Should You Trust Online Resumes
Computer hackers keep coming up with new ways to spread their malware. The latest ploy used the resume-posting site CareerBuilder as a launching platform to get their programs into the computers and onto the servers of various companies looking for employees through that site. It’s anticipated that this was a trial run and that other similar sites will also be targeted by the phishing scheme according to IT security provider Proofpoint Inc.
Here’s how the attack worked. An anonymous person posted a resume to the job site. The resume was in MS Word Rich Text Format (RTF) and had malware routines hidden within an included JPEG. Depending on the type of job that was being sought and the “qualifications” of the applicant, CareerBuilder would disperse those resumes via email to companies looking for certain types of applicants.

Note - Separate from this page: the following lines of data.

//! Out of memory, and the calls that take no memory.
ghost use Rattle.std.specs.Prelude.{◌≡◌, IfSome};

use super::floors::{Expected, hire, letters, look, open, perform, run, words_of};
use amo_kk::Leaving;
use amo_params::Givens;
use amo_words::{Book, ClosedFloor, Floor, HireFault, OpenFault, Worker, WorkerEnd};
use std::alloc::Global;
use std::process::Abort;
use std::test::Fail;

/// Returns true if a request for memory is granted. If one was refused and this one isn't, the call
/// that was refused has to succeed now.
fn has_memory(alloc: Global) -> bool {
    Vec::<u32>::with_capacity(alloc, 1).is_ok()
}

/// Hires worker 1 after a refusal: nobody while there is no memory.
fn hire_again(
    rt: &impl Abort,
    alloc: Global,
    floor: &Floor<char>,
    book: &mut Book<char>,
) -> Option<Worker<char>>
    requires { book.old.table_id ≡ floor.now.table_id }
    ensures book { book.new.table_id ≡ book.old.table_id }
    ensures worker { IfSome result (λ w. w.table_id ≡ book.old.table_id) }
{
    if has_memory(alloc) {
        return Some(hire(rt, alloc, floor, book, 1));
    }
    assert!(rt; matches!(book.hire(alloc, floor, 1), Err(HireFault::NoMemory)));
    None
}

/// Settles after a refusal: not while there is no memory.
fn settle_again(
    rt: &impl Abort,
    alloc: Global,
    floor: Floor<char>,
    book: Book<char>,
    expected: &Expected<'_>,
)
    requires { book.table_id ≡ floor.table_id }
{
    if has_memory(alloc) {
        expected.holds(rt, alloc, floor, book);
    } else {
        assert!(rt; floor.settle(alloc, book).is_err());
    }
}

#[test]
fn refused_floor(rt: HostRuntime) -> Result<(), Fail> {
    let givens = Givens::try_new(3, 2, 2)?;
    let Ok(payloads) = letters(rt.alloc(), 3) else {
        return Ok(());
    };
    let (floor, mut book) = match Floor::try_new(rt.alloc(), givens, payloads) {
        Ok(made) => made,
        Err(OpenFault::NoMemory(back)) => {
            assert!(rt; back.as_slice() == ['a', 'b', 'c'].as_slice());
            return Ok(());
        }
        Err(OpenFault::WrongCount(_)) => panic!(rt; "there are three payloads"),
    };
    let mut first = match book.hire(rt.alloc(), &floor, 1) {
        Ok(first) => first,
        Err(HireFault::NoMemory) => {
            let Some(first) = hire_again(&rt, rt.alloc(), &floor, &mut book) else {
                return Ok(());
            };
            first
        }
        Err(HireFault::NotInBook) => panic!(rt; "worker 1 was at home"),
    };
    run(&floor, &mut first, 4);
    book.collect(&floor, first);
    let expected = Expected {
        claims: &[&[1], &[]],
        dones: &[&[], &[]],
        ends: &[WorkerEnd::Stopped(4), WorkerEnd::NeverHired],
        free: &[(2, 'b'), (3, 'c')],
    };
    match floor.settle(rt.alloc(), book) {
        Ok(end) => expected.is(&rt, end),
        Err((floor, book)) => settle_again(&rt, rt.alloc(), floor, book, &expected),
    }
    Ok(())
}

/// Settles a closed floor after a refusal: not while there is no memory.
fn settle_closed_again(
    rt: &impl Abort,
    alloc: Global,
    closed: ClosedFloor<char>,
    expected: &Expected<'_>,
) {
    let granted = has_memory(alloc);
    match closed.settle(alloc) {
        Ok(end) => expected.is(rt, end),
        Err(_) => assert!(rt; !granted),
    }
}

#[test]
fn refused_closed_floor(rt: HostRuntime) -> Result<(), Fail> {
    let givens = Givens::try_new(3, 2, 2)?;
    let Ok(payloads) = letters(rt.alloc(), 3) else {
        return Ok(());
    };
    let Ok((floor, mut book)) = Floor::try_new(rt.alloc(), givens, payloads) else {
        return Ok(());
    };
    let Ok(mut first) = book.hire(rt.alloc(), &floor, 1) else {
        return Ok(());
    };
    run(&floor, &mut first, 4);
    drop(first);
    let expected = Expected {
        claims: &[&[1], &[]],
        dones: &[&[], &[]],
        ends: &[WorkerEnd::Lost, WorkerEnd::NeverHired],
        free: &[(2, 'b'), (3, 'c')],
    };
    match floor.close(book).settle(rt.alloc()) {
        Ok(end) => expected.is(&rt, end),
        Err(closed) => settle_closed_again(&rt, rt.alloc(), closed, &expected),
    }
    Ok(())
}

/// Opens a floor and hires its two workers. If they are used, both make each call that takes no
/// memory: one does a job, holds another and is collected, the other leaves and is collected. Then
/// the test looks at all that the book shows, closes the floor, and looks at its words.
fn use_floor(rt: &impl Abort, alloc: Global, used: bool) -> Result<(), Fail> {
    let givens = Givens::try_new(5, 2, 2)?;
    let (floor, mut book) = open(rt, alloc, givens, letters(alloc, 5)?);
    let mut first = hire(rt, alloc, &floor, &mut book, 1);
    let mut second = hire(rt, alloc, &floor, &mut book, 2);
    if used {
        perform(&floor, &mut first, 2, 1);
        let held = first.leave(&floor);
        assert!(rt; held == Leaving::InHand(2) && first.in_hand() == Some(2));
        assert!(rt; second.leave(&floor) == Leaving::Left && second.has_left() && !second.ended());
        assert!(rt; first.number() == 1 && first.steps() == 9 && second.steps() == 1);
        book.collect(&floor, first);
        book.collect(&floor, second);
        assert!(rt; look(givens, &book, 1) == Some((9, false, 2, 1)));
        let closed = floor.close(book);
        assert!(rt; words_of(&closed, 1) == Some((2, 2, 1)));
    }
    Ok(())
}

/// Opens 100 floors, of which so many are used.
fn use_floors(rt: &impl Abort, alloc: Global, count: u32) -> Result<(), Fail> {
    for i in 0..100 {
        use_floor(rt, alloc, i < count)?;
    }
    Ok(())
}

#[test]
fn calls_take_no_memory_once(rt: HostRuntime) -> Result<(), Fail> {
    use_floors(&rt, rt.alloc(), 1)
}

#[test]
fn calls_take_no_memory_often(rt: HostRuntime) -> Result<(), Fail> {
    use_floors(&rt, rt.alloc(), 100)
}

The infected images were not detected because most anti-virus security programs do not scan JPEGs. Recipients would also be less likely to be suspicious of an image. Even security specialists checking potential incidents would not suspect that image files were hiding the malware they were seeking.
Since the emails came from CareerBuilder, a trusted source, recipients had no reason to suspect that malware would be included in the resume. Companies would open the resumes, which would begin the attack. In fact, the human resource departments of the companies that received these emails would forward them to other departments with the original resumes attached. The resumes were tailored to target jobs in engineering and finance, including “business analyst,” “web developer” and “middleware developer.”
Small-scale attack
Proofpoint informed CareerBuilder as soon as the scheme was discovered. Fewer than 10 emails containing the malware were distributed. It then went on to say that CareerBuilder “took prompt action to address the issue.” The malicious attachments were MS Word documents named “resume.doc” and “cv.doc.”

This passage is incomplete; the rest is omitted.